▶ _Work item_
Please filter the entries and return only the lines that include "impl".

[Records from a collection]
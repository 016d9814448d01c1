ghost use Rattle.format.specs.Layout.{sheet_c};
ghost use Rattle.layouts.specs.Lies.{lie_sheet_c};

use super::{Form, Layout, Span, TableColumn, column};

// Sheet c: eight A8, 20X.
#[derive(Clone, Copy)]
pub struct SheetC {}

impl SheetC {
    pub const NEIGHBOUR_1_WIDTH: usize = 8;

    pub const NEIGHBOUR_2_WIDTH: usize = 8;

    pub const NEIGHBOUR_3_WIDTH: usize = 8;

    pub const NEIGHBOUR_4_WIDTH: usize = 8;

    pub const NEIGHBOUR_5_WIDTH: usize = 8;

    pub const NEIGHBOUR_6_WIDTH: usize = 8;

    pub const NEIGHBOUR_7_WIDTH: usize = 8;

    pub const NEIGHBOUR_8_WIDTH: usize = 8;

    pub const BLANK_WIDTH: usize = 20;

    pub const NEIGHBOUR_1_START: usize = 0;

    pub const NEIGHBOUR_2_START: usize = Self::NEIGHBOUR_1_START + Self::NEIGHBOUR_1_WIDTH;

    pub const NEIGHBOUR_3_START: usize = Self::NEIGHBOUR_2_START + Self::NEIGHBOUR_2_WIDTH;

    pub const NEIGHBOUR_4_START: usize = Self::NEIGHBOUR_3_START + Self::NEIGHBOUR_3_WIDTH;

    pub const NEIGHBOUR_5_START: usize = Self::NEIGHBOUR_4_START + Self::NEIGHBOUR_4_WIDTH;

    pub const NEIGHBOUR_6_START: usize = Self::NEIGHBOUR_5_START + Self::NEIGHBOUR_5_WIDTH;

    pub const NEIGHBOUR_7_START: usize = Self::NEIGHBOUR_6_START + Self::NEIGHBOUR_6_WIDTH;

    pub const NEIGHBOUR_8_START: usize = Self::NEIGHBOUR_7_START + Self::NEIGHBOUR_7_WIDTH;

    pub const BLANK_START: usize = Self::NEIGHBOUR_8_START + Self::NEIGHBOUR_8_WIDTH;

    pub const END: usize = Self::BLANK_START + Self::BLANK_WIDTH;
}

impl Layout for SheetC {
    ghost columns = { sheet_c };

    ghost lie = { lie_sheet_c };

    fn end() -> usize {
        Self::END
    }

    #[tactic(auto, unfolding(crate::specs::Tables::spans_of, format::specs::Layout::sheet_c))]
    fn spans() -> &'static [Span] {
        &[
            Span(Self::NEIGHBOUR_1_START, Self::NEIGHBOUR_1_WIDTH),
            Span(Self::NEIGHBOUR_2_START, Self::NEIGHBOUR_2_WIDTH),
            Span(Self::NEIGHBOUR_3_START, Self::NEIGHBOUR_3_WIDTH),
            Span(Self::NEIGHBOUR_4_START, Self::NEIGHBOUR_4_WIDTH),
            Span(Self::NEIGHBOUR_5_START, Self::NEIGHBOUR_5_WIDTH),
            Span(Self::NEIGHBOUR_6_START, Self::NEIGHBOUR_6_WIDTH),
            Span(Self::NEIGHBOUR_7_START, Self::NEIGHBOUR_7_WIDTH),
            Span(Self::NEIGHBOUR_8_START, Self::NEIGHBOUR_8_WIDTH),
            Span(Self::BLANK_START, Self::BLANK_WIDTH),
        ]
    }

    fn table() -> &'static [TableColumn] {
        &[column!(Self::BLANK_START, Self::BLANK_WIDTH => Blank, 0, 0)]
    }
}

...

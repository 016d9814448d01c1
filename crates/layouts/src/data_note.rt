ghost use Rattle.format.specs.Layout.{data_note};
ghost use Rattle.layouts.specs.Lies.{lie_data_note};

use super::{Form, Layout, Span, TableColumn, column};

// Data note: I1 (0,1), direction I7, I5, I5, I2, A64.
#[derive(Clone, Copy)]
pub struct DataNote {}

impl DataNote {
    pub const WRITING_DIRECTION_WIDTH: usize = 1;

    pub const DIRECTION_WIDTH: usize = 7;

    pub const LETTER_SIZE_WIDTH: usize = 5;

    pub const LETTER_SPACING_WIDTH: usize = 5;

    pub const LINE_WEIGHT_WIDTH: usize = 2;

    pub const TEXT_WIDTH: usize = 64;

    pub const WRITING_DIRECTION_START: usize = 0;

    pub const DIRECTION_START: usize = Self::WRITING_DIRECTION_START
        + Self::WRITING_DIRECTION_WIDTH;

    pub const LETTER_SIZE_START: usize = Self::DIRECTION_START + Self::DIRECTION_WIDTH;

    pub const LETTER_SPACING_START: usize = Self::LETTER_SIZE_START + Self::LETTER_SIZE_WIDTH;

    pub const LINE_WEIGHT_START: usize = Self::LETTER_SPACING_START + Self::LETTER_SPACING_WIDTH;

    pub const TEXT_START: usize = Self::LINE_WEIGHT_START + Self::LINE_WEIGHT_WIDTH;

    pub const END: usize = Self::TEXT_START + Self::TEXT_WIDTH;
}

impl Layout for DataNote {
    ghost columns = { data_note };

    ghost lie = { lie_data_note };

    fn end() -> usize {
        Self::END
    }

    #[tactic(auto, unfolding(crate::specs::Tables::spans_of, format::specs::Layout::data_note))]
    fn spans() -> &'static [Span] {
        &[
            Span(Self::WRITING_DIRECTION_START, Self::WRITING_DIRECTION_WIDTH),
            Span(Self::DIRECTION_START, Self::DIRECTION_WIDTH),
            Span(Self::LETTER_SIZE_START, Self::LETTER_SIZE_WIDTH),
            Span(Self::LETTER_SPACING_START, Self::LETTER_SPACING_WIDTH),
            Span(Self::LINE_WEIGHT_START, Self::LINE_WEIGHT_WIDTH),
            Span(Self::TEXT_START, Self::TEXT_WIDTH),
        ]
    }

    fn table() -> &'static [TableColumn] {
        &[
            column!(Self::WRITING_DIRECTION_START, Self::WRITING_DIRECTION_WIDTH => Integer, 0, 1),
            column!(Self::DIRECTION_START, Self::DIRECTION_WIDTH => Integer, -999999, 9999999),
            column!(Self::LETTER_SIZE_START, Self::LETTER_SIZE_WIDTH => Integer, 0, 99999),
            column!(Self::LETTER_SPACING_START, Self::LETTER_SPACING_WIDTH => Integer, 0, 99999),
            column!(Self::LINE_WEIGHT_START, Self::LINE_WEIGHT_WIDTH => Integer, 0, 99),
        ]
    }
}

---

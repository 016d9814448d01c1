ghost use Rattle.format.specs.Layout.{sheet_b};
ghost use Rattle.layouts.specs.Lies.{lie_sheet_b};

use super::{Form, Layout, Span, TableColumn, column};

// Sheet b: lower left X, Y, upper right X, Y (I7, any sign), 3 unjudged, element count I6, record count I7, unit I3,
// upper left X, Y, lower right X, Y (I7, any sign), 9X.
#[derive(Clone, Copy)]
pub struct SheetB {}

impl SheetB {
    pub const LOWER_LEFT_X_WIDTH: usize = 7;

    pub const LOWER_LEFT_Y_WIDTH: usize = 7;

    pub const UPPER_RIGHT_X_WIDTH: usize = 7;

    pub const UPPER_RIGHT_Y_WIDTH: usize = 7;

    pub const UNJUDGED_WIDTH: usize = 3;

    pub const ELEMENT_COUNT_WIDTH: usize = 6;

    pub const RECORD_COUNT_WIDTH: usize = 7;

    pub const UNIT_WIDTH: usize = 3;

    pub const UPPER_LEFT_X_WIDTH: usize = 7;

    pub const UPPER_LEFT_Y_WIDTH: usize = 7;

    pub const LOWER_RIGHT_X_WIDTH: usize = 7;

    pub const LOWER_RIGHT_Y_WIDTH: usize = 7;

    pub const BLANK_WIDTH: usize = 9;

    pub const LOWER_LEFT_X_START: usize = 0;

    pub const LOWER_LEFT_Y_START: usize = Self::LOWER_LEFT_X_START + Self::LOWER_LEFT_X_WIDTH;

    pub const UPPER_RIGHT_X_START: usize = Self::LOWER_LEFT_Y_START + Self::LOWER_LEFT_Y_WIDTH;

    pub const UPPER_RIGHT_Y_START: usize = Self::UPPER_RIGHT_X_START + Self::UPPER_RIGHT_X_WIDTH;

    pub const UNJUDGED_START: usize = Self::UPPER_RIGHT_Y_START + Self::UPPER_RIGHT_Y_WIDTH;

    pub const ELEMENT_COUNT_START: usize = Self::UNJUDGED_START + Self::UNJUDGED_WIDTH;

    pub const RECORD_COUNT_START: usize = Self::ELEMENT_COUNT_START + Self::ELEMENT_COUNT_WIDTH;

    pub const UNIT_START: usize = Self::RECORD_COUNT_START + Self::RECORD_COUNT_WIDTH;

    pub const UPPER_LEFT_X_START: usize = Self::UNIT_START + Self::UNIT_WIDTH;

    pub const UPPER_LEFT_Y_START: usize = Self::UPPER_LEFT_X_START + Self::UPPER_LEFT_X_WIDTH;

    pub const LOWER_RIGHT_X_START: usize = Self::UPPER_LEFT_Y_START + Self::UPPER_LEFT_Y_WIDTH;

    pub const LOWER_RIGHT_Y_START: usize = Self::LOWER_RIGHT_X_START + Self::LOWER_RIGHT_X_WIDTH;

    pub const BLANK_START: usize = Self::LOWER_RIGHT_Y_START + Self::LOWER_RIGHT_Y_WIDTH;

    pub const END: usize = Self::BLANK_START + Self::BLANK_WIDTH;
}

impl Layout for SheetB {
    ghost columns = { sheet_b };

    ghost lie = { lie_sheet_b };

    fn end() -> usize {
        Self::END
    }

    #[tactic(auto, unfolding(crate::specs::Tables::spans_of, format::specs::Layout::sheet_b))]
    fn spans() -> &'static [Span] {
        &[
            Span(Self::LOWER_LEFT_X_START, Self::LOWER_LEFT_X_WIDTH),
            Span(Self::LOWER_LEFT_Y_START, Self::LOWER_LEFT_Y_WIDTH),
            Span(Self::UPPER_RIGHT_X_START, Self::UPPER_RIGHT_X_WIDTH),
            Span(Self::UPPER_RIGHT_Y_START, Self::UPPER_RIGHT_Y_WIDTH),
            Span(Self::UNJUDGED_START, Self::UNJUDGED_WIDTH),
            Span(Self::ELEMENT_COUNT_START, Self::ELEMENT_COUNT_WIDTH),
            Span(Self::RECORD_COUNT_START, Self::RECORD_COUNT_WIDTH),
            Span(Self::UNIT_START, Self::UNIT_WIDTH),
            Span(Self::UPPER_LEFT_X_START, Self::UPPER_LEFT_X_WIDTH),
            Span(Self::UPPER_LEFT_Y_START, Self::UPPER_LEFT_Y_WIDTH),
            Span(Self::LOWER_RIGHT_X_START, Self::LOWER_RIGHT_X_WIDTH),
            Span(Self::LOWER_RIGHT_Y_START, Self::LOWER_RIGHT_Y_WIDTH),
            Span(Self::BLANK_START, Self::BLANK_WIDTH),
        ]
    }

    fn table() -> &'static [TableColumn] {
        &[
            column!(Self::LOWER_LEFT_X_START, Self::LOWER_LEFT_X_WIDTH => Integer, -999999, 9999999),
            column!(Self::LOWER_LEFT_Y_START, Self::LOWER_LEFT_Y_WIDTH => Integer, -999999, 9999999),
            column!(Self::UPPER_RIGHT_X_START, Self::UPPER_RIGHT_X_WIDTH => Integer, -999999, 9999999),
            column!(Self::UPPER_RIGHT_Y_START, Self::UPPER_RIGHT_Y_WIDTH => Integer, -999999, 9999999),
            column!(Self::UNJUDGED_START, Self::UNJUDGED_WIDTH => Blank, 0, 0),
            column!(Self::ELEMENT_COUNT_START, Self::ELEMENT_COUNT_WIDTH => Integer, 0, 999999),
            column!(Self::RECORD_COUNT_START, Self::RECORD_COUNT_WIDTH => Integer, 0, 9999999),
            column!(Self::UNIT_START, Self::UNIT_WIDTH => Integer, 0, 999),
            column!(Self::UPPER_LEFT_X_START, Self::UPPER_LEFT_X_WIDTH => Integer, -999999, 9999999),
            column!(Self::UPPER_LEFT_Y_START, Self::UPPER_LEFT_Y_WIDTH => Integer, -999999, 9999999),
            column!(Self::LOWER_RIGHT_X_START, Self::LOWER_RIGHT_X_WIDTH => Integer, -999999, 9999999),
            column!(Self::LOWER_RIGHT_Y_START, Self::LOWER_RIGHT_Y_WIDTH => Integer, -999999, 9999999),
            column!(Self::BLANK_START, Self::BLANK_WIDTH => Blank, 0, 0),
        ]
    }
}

▶ _Answer for the task_
impl SheetC {
impl Layout for SheetC {
impl DataNote {
impl Layout for DataNote {
impl SheetB {
impl Layout for SheetB {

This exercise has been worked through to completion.